What you have to do: Determine how many lines in the records that follow hold the string "AllocError". Only that number should be returned.

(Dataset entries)
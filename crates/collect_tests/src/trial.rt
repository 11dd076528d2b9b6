//! Commands over files in memory.

use causes::NoMemory;
use host_set::DeviceSet;
use pm_cli::post_mortem;
use pm_outside::{MemFiles, MemSink, Part};
use pm_text::read_decimal;
use std::alloc::{AllocError, Global};

/// Two pieces of a line, each with what stands between its words.
type Pieces<'a> = [(&'a str, char); 2];

fn words_of(alloc: Global, pieces: Pieces<'_>) -> Result<Vec<String>, AllocError> {
    let mut words = Vec::new(alloc);
    for (piece, space) in pieces {
        for word in piece.split(space) {
            words.push(String::from_str(alloc, word)?)?;
        }
    }
    Ok(words)
}

/// The status of a command without devices.
fn status(alloc: Global, words: &[String], files: &mut MemFiles, out: &mut MemSink) -> u8 {
    let mut devices = DeviceSet::new(alloc);
    post_mortem(alloc, words, files, out, &mut devices).code()
}

/// Whether the words of a line get this status, and a text that begins so, and ends there where it
/// has to be whole.
fn gets(
    alloc: Global,
    pieces: Pieces<'_>,
    files: &mut MemFiles,
    wanted: (u8, &str),
    is_whole: bool,
) -> bool {
    let Ok(words) = words_of(alloc, pieces) else {
        return false;
    };
    let mut out = MemSink::new(alloc, Vec::new(alloc));
    let code = status(alloc, &words, files, &mut out);
    let text = out.bytes();
    code == wanted.0
        && text.starts_with(wanted.1.as_bytes())
        && !(is_whole && text.len() != wanted.1.len())
}

/// Whether the words of a line get this status and text.
pub fn answers(alloc: Global, pieces: [&str; 2], files: &mut MemFiles, wanted: (u8, &str)) -> bool {
    let [front, rest] = pieces;
    gets(alloc, [(front, ' '), (rest, ' ')], files, wanted, true)
}

/// Whether the words of a line, and behind them a last one, get this status and text.
pub fn answers_with(
    alloc: Global,
    line: &str,
    last: &str,
    files: &mut MemFiles,
    wanted: (u8, &str),
) -> bool {
    gets(alloc, [(line, ' '), (last, '\n')], files, wanted, true)
}

/// Whether `instrument` rewrites the module in `m` into `i`.
pub fn is_rewritten(alloc: Global, files: &mut MemFiles) -> bool {
    let line = [("instrument", ' '), ("m i", ' ')];
    gets(alloc, line, files, (0, "instrumented weight "), false)
}

/// The number between this front and the end of a line.
fn number_behind(text: &[u8], front: &str) -> Option<u64> {
    let line = str::from_utf8(text).ok()?;
    read_decimal(line.strip_prefix(front)?.strip_suffix('\n')?)
}

/// The number at the end of the text that words behind `selftest` get, with status 0 and this
/// front.
pub fn number_told(alloc: Global, line: &str, files: &mut MemFiles, front: &str) -> Option<u64> {
    let words = words_of(alloc, [("selftest", ' '), (line, ' ')]).ok()?;
    let mut out = MemSink::new(alloc, Vec::new(alloc));
    match status(alloc, &words, files, &mut out) {
        0 => number_behind(out.bytes(), front),
        _ => None,
    }
}

/// How many bytes there are.
pub fn length(bytes: Option<&[u8]>) -> Option<usize> {
    match bytes {
        Some(bytes) => Some(bytes.len()),
        None => None,
    }
}

/// Files with these bytes in `m` and `r`.
pub fn files_of(alloc: Global, source: &[u8], replies: &[u8]) -> Result<MemFiles, NoMemory> {
    let mut files = MemFiles::new(alloc, Vec::new(alloc));
    files.add("m", source)?;
    files.add("r", replies)?;
    Ok(files)
}

/// A module in `m`, replies in `r`, words, the status and the text.
pub type Row<'a> = (&'a [u8], &'a str, &'a str, u8, &'a str);

/// Whether a row holds, with this piece in front of its words.
fn holds(alloc: Global, front: &str, row: &Row<'_>) -> bool {
    match files_of(alloc, row.0, row.1.as_bytes()) {
        Ok(mut files) => answers(alloc, [front, row.2], &mut files, (row.3, row.4)),
        Err(_) => false,
    }
}

/// The number of the first row that does not hold with this piece in front of its words, if there
/// is one.
pub fn first_wrong(alloc: Global, front: &str, rows: &[Row<'_>]) -> Option<usize> {
    for (number, row) in rows.iter().enumerate() {
        if !holds(alloc, front, row) {
            return Some(number);
        }
    }
    None
}

/// Files with a module in `m`. The call with that number fails, and takes ten bytes if it can.
fn failing(alloc: Global, source: &[u8], call: u64) -> Result<MemFiles, NoMemory> {
    let mut files = MemFiles::new(alloc, Vec::from_slice(alloc, &[call])?);
    files.take_parts(Vec::from_slice(alloc, &[Part { call, bytes: 10 }])?);
    files.add("m", source)?;
    Ok(files)
}

/// The call of `Files` that fails, the text, and how many bytes of two files are there.
pub type Fault<'a> = (u64, &'a str, Option<usize>, Option<usize>);

/// Whether a call fails so.
fn may_fail(
    alloc: Global,
    source: &[u8],
    pieces: [&str; 2],
    names: [&str; 2],
    row: &Fault<'_>,
) -> bool {
    match failing(alloc, source, row.0) {
        Ok(mut files) => {
            answers(alloc, pieces, &mut files, (4, row.1))
                && length(files.get(names[0])) == row.2
                && length(files.get(names[1])) == row.3
        }
        Err(_) => false,
    }
}

/// The number of the first call that fails otherwise, if there is one.
pub fn first_wrong_fault(
    alloc: Global,
    source: &[u8],
    pieces: [&str; 2],
    names: [&str; 2],
    rows: &[Fault<'_>],
) -> Option<usize> {
    for (number, row) in rows.iter().enumerate() {
        if !may_fail(alloc, source, pieces, names, row) {
            return Some(number);
        }
    }
    None
}
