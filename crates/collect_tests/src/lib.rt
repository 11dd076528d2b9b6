//! The commands `instrument`, `run --collect`, `selftest`, `replay` and `cover`, tested over files
//! in memory. The tests stand apart from `pm_cli`, so that it is not proved a second time with
//! them.
#![tactic(auto)]

#[cfg(test)]
mod collected_tests;
#[cfg(test)]
mod cover_tests;
#[cfg(test)]
mod handed_tests;
#[cfg(test)]
mod module_tests;
#[cfg(test)]
mod recorded_tests;
#[cfg(test)]
mod replay_tests;
#[cfg(test)]
mod selftest_tests;
#[cfg(test)]
mod shown_tests;
#[cfg(test)]
mod trial;
#[cfg(test)]
mod written_tests;
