//! Modules that call the collector by hand, under `run --collect`. What is wanted was worked out by
//! hand.

use crate::trial::{Row, answers, files_of, first_wrong};
use std::alloc::Global;
use test_modules::{FOREIGN, HANDING, STORING, STORING_HANDED};

// The words stand behind `run m`.
const ROWS: [Row<'static>; 12] = [
    (&HANDING, "", "--collect f", 0, "finished\nhost calls 0\n"),
    (&HANDING, "", "--collect g", 16, "torn calls at 0\n"),
    (&HANDING, "", "--collect j", 16, "torn calls at 0\n"),
    (&HANDING, "", "--collect k", 16, "torn calls at 1\n"),
    (
        &HANDING,
        "",
        "f --collect + g + f",
        16,
        "finished\nhost calls 0\ntorn calls at 0\n",
    ),
    (
        &HANDING,
        "",
        "--collect h",
        1,
        "trap 1 unreachable\nno dump collected\nhost calls 0\n",
    ),
    // Each invocation has a collector of its own.
    (
        &HANDING,
        "",
        "--collect i + f",
        1,
        "trap 3 integer overflow\nat function 0 offset 9\nhost calls 0\nfinished\nhost calls 0\n",
    ),
    (&HANDING, "", "--collect --fuel 50 l", 10, "fuel spent\n"),
    (&HANDING, "", "f", 8, "not started: import 0\n"),
    (&FOREIGN, "", "--collect f", 8, "not started: import 0\n"),
    (
        &FOREIGN,
        "",
        "--collect --replies r f",
        8,
        "not started: import 0\n",
    ),
    (
        &STORING_HANDED,
        "",
        "--collect run i32:8 i32:2",
        0,
        "finished i32:81\nhost calls 0\n",
    ),
];

#[test]
fn calls_by_hand_are_judged(rt: HostRuntime) {
    assert_eq!(rt; first_wrong(rt.alloc(), "run m", &ROWS), None);
}

const UNNUMBERED: &str = "trap 1 unreachable\nno dump collected\nhost calls 0\n\
    trap 3 integer overflow\nat function 0 offset 9\nhost calls 0\n";

/// Whether a trap without a dump is numbered like every other.
fn is_numbered(alloc: Global) -> bool {
    let line = ["run m", "--collect h + i"];
    match files_of(alloc, &HANDING, b"") {
        Ok(mut files) => {
            answers(alloc, line, &mut files, (1, UNNUMBERED))
                && files.get("core.wasm").is_none()
                && files.get("core.wasm.1").is_some()
        }
        Err(_) => false,
    }
}

const TRAPPED: (u8, &str) = (
    1,
    "trap 2 integer divide by zero\nat function 0 offset 5\nhost calls 0\n",
);

const RUN: [&str; 2] = ["run m --dump a", "run i32:7 i32:0"];

const COLLECTED: [&str; 2] = ["run r --collect --depth 1 --dump b", "run i32:7 i32:0"];

/// Whether the module in `r`, a rewriting by hand of that in `m`, hands over what `run` writes of
/// that. The wrapper and the two functions take three frames.
fn is_handed(alloc: Global) -> bool {
    match files_of(alloc, &STORING, &STORING_HANDED) {
        Ok(mut files) => {
            answers(alloc, RUN, &mut files, TRAPPED)
                && answers(alloc, COLLECTED, &mut files, TRAPPED)
                && files.get("a").is_some()
                && files.get("a") == files.get("b")
        }
        Err(_) => false,
    }
}

#[test]
fn dumps_are_numbered_and_handed_over(rt: HostRuntime) {
    assert!(rt; is_numbered(rt.alloc()) && is_handed(rt.alloc()));
}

Solution for this problem: 2